A diffraction grating has 2000 lines per centimeter. At what angle will the first-order maximum be for 520-nanometer wavelength green light?
Let’s highlight some of the important information we’ve been given. We’re told that our diffraction grating has 2000 lines per centimeter; we’ll call that 𝐿. We’re also told that the light we’re considering has a wavelength of 520 nanometers; we’ll call that value 𝜆. We want to solve for an angle, we’ll call it 𝜃, where the first-order diffraction maximum appears.
First let’s draw a sketch of a diffraction grating. A diffraction grating is an extension of the double-slit set-up that we’ve seen before, where a diffraction grating may have dozens, hundreds, or thousands of slits.
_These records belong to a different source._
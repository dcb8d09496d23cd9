// The fields of a line, each after one blank.
ghost use Rattle.std.specs.Prelude.{◌≡◌, ◌≤◌, length, if◌then◌else◌, None, Some, MatchOption, ◌==◌};
ghost use Rattle.std.specs.Str.Parse.{digits_value};
ghost use Rattle.std.specs.Str.{all_ascii_digits};
ghost use Rattle.script.specs.Format.{number_in, seats_of, value_in, field, read_number, read_value, read_ticket, Takes};

use crate::piece::length_before;
use kinds::seats::Seats;
use ledger::call::Ticket;

// The most digits of a number.
const DIGITS: usize = 10;

// What digits write, and nothing where another byte stands among them. `parse` asks for a text that is known to be
// UTF-8, and is slower.
fn decimal(text: &[u8]) -> Option<u64>
    requires { length text.now ≤ 10 }
    ensures { result ≡ (if all_ascii_digits text.now then Some (digits_value 10 text.now) else None) }
{
    let mut number = 0;
    for byte in text {
        let digit = char::from(*byte).to_digit(10)?;
        number = number * 10 + u64::from(digit);
    }
    Some(number)
}

// A number: 1 to 10 digits, and at most 4,294,967,295.
fn number(text: &[u8]) -> Option<u32>
    ensures { result ≡ number_in text.now }
{
    if text.is_empty() || text.len() > DIGITS {
        return None;
    }
    u32::try_from(decimal(text)?).ok()
}

// The seats of a value from -32,768 to 32,767.
fn seats_of(value: i64) -> Option<Seats>
    ensures { result ≡ seats_of value }
{
    let value = i16::try_from(value).ok()?;
    Some(Seats::from(value))
}

// A value: a number, perhaps behind a minus sign, that seats may have.
fn seats(text: &[u8]) -> Option<Seats>
    ensures { result ≡ value_in text.now }
{
    match text {
        [b'-', digits @ ..] => seats_of(-i64::from(number(digits)?)),
        _ => seats_of(i64::from(number(text)?)),
    }
}

// What is left of a line to read.
#[derive(Drop)]
pub(crate) struct Fields<'a> {
    pub(crate) rest: &'a [u8],
}

impl<'a> Fields<'a> {
    // What stands after one blank, up to the next.
    fn next(&mut self) -> Option<&'a [u8]>
        ensures { MatchOption result (field self.old.rest.now ≡ None) (λ t. field self.old.rest.now ≡ Some (t.now, self.new.rest.now)) }
    {
        let [b' ', rest @ ..] = self.rest else {
            return None;
        };
        let (text, rest) = rest.split_at(length_before(rest, b' '));
        self.rest = rest;
        Some(text)
    }

    pub(crate) fn number(&mut self) -> Option<u32>
        ensures { Takes (read_number self.old.rest.now) result self.new.rest.now }
    {
        number(self.next()?)
    }

    pub(crate) fn seats(&mut self) -> Option<Seats>
        ensures { Takes (read_value self.old.rest.now) result self.new.rest.now }
    {
        seats(self.next()?)
    }

    pub(crate) fn ticket(&mut self) -> Option<Ticket>
        ensures { Takes (read_ticket self.old.rest.now) result self.new.rest.now }
    {
        let record = self.number()?;
        let creation = self.number()?;
        Some((record, creation))
    }

    // Whether the line ends here.
    pub(crate) fn is_empty(&self) -> bool
        ensures { result ≡ (length self.now.rest.now == 0) }
    {
        self.rest.is_empty()
    }
}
The equation for interference maxima for a diffraction grating is the exact same as for a double-slit experiment.
Just like for the double slit set-up, here 𝑑 is the distance between adjacent slits, where that distance is uniform across the grating. That distance multiplied by the sine of 𝜃, where 𝜃 is the angle between the diffracted ray and a horizontal line in this case, is equal to the order number 𝑚 times the wavelength 𝜆. In our case, we’re considering the first-order maximum, so 𝑚 is one.
We want to solve for 𝜃. And when we rearrange this equation, we see that the angle 𝜃 is equal to the arcsine of the wavelength 𝜆 divided by 𝑑. We’re given 𝜆 in the problem statement and can solve for 𝑑 based on 𝐿, the number of lines per centimeter. 2000 lines per centimeter means that one 2000th of a centimeter is equal to 𝑑, the distance between adjacent lines.
In meters, that equals 5.00 times 10 to the negative sixth. Now that we know both 𝜆 and 𝑑, we can plug in those values. When we do so, being careful to use units of meters for both values, we find when we calculate this arcsine that 𝜃 equals 5.97 degrees. That’s the angle of the first- order maximum for this diffraction grating.